- **WHAT IS EXPECTED**
Quote the line containing "return Err(SchemeError::Failed);" and all lines that follow it in the listing below, exactly as written.

---- TASK DATA

//! The bench's stand-ins for signatures and digests. They protect nothing.
ghost use Rattle.std.specs.Prelude.{◌≡◌, ◌++◌, Some, None, nat_eq, if◌then◌else◌};
ghost use Rattle.std.specs.Str.{bytes_eq};
ghost use Rattle.definitions.specs.Dnskey.{dnskey_data};
ghost use Rattle.sha2.specs.Sha256.{sha256};

use answer_scheme::{Scheme, SchemeError};
use denial_keys::dnskey::Dnskey;
use numbers::algorithm::DigestAlgorithm;
use sha2::{Digest, Sha256};
use std::alloc::Global;

/// Signs with SHA-256 of the DNSKEY data followed by the octets; anyone can do the same.
/// It digests by type 2 alone (RFC 4509).
#[derive(Clone, Copy, Debug)]
pub struct BenchScheme;

fn stand_in(key: &Dnskey<&[u8]>, octets: &[u8]) -> [u8; 32]
    ensures { result ≡ sha256 (dnskey_data key.now ++ octets.now) }
{
    let mut hasher = Sha256::new();
    hasher.update(&key.flags().to_be_bytes());
    hasher.update(&[key.protocol(), key.algorithm().to_int()]);
    hasher.update(*key.public_key());
    hasher.update(octets);
    hasher.finalize()
}

impl Scheme for BenchScheme {
    ghost verifies = { λ _ k octets s. bytes_eq (sha256 (dnskey_data k ++ octets)) s };

    ghost signature_of = { λ _ k octets. Some (sha256 (dnskey_data k ++ octets)) };

    ghost digest_of = { λ _ t octets. if nat_eq t 2 then Some (sha256 octets) else None };

    fn sign(
        &self,
        alloc: Global,
        key: &Dnskey<&[u8]>,
        octets: &[u8],
    ) -> Result<Vec<u8>, SchemeError> {
        match Vec::from_slice(alloc, &stand_in(key, octets)) {
            Ok(signature) => Ok(signature),
            Err(_) => Err(SchemeError::Memory),
        }
    }

    fn verify(&self, key: &Dnskey<&[u8]>, octets: &[u8], signature: &[u8]) -> bool {
        stand_in(key, octets).as_slice() == signature
    }

    fn digest(
        &self,
        alloc: Global,
        algorithm: DigestAlgorithm,
        octets: &[u8],
    ) -> Result<Vec<u8>, SchemeError> {
        if algorithm != DigestAlgorithm::SHA256 {
            return Err(SchemeError::Failed);
        }
        match Vec::from_slice(alloc, &Sha256::digest(octets)) {
            Ok(digest) => Ok(digest),
            Err(_) => Err(SchemeError::Memory),
        }
    }
}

--------

- **WRITTEN SOLUTION**
            return Err(SchemeError::Failed);
        }
        match Vec::from_slice(alloc, &Sha256::digest(octets)) {
            Ok(digest) => Ok(digest),
            Err(_) => Err(SchemeError::Memory),
        }
    }
}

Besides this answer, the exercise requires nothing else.